## What the task asks
In the data that follows, find the line with "filename crates/mutator_tests/src/records.rt"; transcribe it, every later line up to the one with "hold too, kept.", and that line as well, exactly and with no others.

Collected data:
◇ ◇ ◇
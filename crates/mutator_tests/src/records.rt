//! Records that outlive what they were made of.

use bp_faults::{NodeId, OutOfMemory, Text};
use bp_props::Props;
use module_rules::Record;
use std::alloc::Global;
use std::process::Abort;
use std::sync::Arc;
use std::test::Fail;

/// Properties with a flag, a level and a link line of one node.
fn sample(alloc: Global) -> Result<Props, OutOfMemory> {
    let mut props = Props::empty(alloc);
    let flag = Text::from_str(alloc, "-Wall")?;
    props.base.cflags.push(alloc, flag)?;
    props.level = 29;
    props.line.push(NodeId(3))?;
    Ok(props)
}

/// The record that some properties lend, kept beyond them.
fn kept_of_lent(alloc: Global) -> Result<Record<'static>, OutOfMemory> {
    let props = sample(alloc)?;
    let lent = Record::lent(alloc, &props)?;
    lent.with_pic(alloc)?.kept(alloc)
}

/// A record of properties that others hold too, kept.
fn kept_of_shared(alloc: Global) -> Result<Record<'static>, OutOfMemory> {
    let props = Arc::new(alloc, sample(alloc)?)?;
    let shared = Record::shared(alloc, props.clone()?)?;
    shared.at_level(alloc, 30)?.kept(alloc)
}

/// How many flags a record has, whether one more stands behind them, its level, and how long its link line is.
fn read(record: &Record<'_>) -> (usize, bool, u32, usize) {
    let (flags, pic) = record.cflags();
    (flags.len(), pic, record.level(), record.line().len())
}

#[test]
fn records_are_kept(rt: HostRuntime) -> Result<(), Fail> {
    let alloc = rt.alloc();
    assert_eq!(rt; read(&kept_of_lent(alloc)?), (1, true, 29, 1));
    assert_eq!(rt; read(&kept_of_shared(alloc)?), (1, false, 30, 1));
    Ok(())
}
◇ ◇ ◇
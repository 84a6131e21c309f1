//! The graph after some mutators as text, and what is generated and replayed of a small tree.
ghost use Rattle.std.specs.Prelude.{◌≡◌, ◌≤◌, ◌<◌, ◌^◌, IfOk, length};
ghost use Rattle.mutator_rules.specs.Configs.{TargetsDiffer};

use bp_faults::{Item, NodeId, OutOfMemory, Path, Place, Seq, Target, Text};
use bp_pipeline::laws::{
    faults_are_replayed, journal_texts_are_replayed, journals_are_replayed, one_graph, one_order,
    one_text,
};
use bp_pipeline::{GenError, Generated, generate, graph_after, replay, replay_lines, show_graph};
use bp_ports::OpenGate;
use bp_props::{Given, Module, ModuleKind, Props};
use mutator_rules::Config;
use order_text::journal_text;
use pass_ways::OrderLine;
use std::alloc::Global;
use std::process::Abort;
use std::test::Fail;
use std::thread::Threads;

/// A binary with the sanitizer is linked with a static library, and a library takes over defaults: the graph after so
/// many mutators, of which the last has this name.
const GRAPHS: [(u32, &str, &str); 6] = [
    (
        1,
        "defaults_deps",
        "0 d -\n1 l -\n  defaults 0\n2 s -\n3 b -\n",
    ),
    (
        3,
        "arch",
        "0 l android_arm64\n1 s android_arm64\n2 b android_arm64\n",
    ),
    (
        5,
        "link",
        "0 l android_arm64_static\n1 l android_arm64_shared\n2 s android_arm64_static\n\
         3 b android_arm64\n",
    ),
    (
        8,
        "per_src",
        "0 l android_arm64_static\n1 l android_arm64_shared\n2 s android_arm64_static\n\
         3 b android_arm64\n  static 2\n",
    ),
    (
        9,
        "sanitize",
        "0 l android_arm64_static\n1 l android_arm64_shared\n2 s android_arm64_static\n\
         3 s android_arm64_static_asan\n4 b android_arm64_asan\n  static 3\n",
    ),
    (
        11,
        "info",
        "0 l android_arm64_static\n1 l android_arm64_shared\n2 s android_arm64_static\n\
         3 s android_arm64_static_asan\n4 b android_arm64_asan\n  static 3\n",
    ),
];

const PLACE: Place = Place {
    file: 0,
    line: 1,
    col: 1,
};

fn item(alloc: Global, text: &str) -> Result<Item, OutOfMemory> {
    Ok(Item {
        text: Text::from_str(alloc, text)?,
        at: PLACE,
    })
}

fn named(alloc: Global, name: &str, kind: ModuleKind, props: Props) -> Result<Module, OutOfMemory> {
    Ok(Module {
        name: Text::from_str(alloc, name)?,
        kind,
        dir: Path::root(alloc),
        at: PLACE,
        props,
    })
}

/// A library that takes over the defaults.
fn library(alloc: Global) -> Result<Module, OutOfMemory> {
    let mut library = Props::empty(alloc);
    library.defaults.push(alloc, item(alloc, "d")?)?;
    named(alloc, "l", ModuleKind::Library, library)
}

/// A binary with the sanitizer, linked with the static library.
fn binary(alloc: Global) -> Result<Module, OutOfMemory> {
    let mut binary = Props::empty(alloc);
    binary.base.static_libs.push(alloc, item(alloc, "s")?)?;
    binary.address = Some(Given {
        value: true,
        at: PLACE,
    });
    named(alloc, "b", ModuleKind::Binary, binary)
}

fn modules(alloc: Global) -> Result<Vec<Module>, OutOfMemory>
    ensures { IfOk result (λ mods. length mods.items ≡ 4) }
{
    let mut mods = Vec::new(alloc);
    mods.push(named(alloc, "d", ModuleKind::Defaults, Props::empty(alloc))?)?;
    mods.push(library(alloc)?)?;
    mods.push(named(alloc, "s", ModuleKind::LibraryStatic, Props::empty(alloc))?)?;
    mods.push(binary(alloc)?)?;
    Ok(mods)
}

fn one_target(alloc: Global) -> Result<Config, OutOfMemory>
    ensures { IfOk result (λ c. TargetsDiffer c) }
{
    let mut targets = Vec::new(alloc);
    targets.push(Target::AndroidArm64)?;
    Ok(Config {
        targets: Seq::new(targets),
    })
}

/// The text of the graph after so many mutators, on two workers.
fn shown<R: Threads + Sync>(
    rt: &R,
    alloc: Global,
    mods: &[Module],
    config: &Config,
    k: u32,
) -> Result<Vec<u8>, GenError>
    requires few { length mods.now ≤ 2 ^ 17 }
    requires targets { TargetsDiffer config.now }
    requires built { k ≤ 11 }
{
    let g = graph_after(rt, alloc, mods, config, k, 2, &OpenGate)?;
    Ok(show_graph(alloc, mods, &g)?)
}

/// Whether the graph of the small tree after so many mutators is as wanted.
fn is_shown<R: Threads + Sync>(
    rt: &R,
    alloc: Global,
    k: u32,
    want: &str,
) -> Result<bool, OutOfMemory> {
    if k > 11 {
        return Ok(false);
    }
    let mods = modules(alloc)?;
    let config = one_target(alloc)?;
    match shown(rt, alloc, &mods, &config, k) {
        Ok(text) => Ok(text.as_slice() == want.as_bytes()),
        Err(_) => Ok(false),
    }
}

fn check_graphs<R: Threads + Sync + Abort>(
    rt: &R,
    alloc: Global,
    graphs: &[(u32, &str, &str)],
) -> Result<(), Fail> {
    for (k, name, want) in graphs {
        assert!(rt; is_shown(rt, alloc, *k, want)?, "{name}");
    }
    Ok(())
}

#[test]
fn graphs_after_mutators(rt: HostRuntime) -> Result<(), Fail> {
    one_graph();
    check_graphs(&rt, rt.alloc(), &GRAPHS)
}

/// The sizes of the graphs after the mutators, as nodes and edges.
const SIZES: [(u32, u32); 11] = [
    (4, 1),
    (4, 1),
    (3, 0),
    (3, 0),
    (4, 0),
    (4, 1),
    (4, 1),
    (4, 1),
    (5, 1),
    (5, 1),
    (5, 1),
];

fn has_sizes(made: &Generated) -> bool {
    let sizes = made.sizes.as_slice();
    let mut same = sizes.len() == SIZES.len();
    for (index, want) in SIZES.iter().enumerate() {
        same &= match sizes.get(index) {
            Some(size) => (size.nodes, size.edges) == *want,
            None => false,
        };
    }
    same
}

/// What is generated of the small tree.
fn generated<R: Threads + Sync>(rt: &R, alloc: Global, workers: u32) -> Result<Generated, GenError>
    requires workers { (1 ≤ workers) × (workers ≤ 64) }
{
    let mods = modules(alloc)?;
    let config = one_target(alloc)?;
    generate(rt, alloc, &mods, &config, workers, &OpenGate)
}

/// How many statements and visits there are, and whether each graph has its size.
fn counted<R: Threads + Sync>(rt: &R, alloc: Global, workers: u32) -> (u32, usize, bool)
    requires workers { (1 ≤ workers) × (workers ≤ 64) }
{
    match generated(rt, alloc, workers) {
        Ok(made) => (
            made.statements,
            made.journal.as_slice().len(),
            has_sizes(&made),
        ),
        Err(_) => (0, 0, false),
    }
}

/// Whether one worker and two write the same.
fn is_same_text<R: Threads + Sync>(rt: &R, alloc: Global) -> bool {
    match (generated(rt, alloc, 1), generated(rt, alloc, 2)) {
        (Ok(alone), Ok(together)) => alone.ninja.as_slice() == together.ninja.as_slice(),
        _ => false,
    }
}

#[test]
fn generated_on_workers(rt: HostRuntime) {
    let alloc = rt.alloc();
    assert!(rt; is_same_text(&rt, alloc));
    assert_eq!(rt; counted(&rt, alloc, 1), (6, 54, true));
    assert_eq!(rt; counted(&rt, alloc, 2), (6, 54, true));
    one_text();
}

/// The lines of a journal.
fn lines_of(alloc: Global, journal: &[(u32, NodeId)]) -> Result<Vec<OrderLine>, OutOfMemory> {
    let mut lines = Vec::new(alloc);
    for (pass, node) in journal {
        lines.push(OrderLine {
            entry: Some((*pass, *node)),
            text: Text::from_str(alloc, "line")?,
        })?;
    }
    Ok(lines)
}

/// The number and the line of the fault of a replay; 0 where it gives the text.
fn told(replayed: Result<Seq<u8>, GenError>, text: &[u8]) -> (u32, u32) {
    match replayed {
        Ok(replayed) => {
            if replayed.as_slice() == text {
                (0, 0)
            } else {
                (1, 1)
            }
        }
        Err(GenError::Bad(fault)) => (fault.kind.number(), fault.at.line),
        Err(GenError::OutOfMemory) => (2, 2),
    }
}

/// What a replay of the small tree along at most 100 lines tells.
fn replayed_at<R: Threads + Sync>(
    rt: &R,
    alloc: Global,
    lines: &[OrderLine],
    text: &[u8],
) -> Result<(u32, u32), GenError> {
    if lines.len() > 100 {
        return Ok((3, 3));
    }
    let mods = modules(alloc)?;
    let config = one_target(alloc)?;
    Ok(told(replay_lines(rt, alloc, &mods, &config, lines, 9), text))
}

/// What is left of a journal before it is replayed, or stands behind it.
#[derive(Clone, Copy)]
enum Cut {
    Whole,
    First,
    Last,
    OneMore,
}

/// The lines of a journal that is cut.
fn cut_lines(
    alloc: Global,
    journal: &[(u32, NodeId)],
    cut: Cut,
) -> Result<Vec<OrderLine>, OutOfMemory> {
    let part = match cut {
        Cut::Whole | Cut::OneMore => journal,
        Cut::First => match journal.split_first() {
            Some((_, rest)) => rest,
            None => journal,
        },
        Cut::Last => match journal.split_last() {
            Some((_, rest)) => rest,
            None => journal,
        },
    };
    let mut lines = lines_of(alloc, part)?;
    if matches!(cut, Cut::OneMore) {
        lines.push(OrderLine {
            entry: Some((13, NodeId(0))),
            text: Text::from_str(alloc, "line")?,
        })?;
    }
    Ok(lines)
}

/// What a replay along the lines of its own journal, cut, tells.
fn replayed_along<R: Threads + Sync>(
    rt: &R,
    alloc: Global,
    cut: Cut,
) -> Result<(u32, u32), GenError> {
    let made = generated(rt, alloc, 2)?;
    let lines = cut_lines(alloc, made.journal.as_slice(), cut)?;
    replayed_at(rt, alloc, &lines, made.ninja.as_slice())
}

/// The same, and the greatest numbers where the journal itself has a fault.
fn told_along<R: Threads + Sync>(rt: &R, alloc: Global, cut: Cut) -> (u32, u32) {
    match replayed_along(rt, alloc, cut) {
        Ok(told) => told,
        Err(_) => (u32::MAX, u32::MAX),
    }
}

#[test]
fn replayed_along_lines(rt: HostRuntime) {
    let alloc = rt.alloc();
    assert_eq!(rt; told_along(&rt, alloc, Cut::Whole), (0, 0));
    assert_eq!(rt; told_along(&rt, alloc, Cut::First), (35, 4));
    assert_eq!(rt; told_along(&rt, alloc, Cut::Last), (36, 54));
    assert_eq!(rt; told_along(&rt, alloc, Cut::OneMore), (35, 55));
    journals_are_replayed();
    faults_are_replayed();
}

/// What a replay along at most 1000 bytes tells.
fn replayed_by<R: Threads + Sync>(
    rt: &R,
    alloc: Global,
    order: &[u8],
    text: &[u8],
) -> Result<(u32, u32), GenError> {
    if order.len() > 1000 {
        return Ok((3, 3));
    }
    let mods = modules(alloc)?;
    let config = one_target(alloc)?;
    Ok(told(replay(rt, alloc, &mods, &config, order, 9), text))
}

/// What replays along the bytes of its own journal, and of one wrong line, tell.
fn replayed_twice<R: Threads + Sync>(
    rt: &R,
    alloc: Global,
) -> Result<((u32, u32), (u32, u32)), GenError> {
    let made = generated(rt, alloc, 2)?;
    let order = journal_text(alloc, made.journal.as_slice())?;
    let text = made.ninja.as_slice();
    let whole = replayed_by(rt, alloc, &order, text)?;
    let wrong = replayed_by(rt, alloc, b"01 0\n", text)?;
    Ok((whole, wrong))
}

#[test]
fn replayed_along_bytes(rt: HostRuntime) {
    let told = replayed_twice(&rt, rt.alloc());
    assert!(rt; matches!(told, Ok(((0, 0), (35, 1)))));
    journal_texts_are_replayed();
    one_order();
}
◇ ◇ ◇
## Answer to the problem
filename crates/mutator_tests/src/records.rt
//! Records that outlive what they were made of.

use bp_faults::{NodeId, OutOfMemory, Text};
use bp_props::Props;
use module_rules::Record;
use std::alloc::Global;
use std::process::Abort;
use std::sync::Arc;
use std::test::Fail;

/// Properties with a flag, a level and a link line of one node.
fn sample(alloc: Global) -> Result<Props, OutOfMemory> {
    let mut props = Props::empty(alloc);
    let flag = Text::from_str(alloc, "-Wall")?;
    props.base.cflags.push(alloc, flag)?;
    props.level = 29;
    props.line.push(NodeId(3))?;
    Ok(props)
}

/// The record that some properties lend, kept beyond them.
fn kept_of_lent(alloc: Global) -> Result<Record<'static>, OutOfMemory> {
    let props = sample(alloc)?;
    let lent = Record::lent(alloc, &props)?;
    lent.with_pic(alloc)?.kept(alloc)
}

/// A record of properties that others hold too, kept.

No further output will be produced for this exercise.